Task instructions: Reproduce the entries shown below only from the line with "be left out." down to the line with "r ≡ (judged.made", keeping both end lines and copying each one exactly.

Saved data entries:

╭──

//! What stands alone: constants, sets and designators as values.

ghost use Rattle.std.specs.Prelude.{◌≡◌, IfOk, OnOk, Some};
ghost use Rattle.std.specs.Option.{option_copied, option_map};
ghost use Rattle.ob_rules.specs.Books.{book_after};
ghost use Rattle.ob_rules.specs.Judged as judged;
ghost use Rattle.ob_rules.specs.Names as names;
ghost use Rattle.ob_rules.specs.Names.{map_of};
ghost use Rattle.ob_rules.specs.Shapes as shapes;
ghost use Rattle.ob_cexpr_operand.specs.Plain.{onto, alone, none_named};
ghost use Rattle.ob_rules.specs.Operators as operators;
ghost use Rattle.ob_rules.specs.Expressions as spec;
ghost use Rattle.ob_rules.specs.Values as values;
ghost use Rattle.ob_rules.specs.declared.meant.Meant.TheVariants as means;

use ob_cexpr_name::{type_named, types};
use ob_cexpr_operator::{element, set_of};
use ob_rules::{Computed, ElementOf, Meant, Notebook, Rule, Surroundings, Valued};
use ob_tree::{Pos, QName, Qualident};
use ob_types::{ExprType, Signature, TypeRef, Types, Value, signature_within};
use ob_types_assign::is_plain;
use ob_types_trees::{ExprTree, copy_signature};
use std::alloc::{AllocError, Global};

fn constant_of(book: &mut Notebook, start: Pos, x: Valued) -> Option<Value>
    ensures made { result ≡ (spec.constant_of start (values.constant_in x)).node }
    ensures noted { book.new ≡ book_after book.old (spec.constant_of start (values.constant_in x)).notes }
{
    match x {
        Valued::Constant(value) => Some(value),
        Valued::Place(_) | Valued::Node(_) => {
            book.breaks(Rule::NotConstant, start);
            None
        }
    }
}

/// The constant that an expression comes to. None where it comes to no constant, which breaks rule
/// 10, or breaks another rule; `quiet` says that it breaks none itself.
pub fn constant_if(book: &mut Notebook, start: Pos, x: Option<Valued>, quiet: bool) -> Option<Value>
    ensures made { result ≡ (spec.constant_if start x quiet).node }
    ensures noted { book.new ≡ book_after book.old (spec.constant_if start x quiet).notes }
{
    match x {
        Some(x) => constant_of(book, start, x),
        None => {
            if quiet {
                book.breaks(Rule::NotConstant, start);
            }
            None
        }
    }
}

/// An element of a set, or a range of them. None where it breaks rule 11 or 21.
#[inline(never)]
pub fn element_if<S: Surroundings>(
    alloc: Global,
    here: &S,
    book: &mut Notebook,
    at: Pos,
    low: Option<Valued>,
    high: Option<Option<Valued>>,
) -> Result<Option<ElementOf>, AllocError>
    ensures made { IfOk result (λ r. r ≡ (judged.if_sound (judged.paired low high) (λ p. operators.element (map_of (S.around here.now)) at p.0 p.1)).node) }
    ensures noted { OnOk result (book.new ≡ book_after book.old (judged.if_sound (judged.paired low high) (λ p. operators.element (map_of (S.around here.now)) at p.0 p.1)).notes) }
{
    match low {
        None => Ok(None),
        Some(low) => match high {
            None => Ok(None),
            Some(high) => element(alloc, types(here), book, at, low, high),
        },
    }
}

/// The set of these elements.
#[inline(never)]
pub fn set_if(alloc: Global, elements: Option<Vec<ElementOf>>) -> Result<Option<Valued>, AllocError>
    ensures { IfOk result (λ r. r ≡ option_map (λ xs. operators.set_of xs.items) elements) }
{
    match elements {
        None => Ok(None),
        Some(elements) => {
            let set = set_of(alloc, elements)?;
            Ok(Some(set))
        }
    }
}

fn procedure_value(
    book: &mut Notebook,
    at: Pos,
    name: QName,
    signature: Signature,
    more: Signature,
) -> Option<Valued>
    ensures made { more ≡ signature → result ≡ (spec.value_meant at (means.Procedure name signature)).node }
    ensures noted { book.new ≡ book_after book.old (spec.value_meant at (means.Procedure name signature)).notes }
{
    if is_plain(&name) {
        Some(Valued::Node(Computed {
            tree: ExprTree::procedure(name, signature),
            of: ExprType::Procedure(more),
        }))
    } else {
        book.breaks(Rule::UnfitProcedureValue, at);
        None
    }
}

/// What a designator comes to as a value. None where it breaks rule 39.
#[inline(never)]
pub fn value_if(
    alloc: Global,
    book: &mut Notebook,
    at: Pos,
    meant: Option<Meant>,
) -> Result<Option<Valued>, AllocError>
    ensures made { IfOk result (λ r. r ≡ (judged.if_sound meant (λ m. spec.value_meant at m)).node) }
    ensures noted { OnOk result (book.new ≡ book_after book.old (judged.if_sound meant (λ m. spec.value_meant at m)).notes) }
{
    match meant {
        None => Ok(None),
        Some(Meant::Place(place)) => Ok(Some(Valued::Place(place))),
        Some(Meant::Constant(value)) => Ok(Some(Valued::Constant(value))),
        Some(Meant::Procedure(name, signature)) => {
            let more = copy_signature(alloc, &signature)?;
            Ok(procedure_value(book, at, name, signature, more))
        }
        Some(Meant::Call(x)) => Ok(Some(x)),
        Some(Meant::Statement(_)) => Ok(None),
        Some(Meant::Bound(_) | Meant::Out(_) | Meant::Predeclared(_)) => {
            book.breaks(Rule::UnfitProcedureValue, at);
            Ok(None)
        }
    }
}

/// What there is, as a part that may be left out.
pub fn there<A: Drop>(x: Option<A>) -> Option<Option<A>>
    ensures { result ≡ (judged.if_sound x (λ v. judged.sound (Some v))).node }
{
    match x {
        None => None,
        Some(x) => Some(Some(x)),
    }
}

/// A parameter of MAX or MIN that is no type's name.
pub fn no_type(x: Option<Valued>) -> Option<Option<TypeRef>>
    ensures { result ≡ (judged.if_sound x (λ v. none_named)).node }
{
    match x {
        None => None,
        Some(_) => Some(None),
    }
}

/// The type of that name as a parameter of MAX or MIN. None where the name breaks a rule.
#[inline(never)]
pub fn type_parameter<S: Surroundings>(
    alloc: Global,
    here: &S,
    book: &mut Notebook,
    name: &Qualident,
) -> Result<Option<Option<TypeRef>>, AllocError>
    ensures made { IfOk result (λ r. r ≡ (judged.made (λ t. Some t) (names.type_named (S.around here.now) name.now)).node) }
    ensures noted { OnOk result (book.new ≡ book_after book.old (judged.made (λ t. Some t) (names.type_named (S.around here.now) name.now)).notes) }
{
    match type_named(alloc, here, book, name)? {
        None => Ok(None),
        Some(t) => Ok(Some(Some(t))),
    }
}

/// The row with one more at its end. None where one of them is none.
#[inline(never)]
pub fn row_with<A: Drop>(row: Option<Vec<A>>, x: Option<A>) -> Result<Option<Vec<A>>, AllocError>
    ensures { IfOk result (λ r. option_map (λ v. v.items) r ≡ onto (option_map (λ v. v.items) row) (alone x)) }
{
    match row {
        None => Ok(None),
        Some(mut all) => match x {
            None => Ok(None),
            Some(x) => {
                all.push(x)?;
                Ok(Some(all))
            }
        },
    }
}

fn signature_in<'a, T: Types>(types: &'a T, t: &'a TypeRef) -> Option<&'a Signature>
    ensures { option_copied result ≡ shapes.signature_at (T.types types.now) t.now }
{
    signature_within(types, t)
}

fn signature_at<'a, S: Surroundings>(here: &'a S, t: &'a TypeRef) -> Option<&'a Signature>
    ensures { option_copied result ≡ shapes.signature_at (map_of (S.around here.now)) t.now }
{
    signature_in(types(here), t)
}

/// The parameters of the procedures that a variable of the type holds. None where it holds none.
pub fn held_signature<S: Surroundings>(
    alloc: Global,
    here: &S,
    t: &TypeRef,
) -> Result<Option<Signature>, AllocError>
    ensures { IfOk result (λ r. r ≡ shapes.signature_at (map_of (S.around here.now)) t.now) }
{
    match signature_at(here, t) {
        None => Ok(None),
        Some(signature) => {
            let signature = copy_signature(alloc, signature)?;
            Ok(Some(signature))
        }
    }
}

╰──

Result below:
/// What there is, as a part that may be left out.
pub fn there<A: Drop>(x: Option<A>) -> Option<Option<A>>
    ensures { result ≡ (judged.if_sound x (λ v. judged.sound (Some v))).node }
{
    match x {
        None => None,
        Some(x) => Some(Some(x)),
    }
}

/// A parameter of MAX or MIN that is no type's name.
pub fn no_type(x: Option<Valued>) -> Option<Option<TypeRef>>
    ensures { result ≡ (judged.if_sound x (λ v. none_named)).node }
{
    match x {
        None => None,
        Some(_) => Some(None),
    }
}

/// The type of that name as a parameter of MAX or MIN. None where the name breaks a rule.
#[inline(never)]
pub fn type_parameter<S: Surroundings>(
    alloc: Global,
    here: &S,
    book: &mut Notebook,
    name: &Qualident,
) -> Result<Option<Option<TypeRef>>, AllocError>
    ensures made { IfOk result (λ r. r ≡ (judged.made (λ t. Some t) (names.type_named (S.around here.now) name.now)).node) }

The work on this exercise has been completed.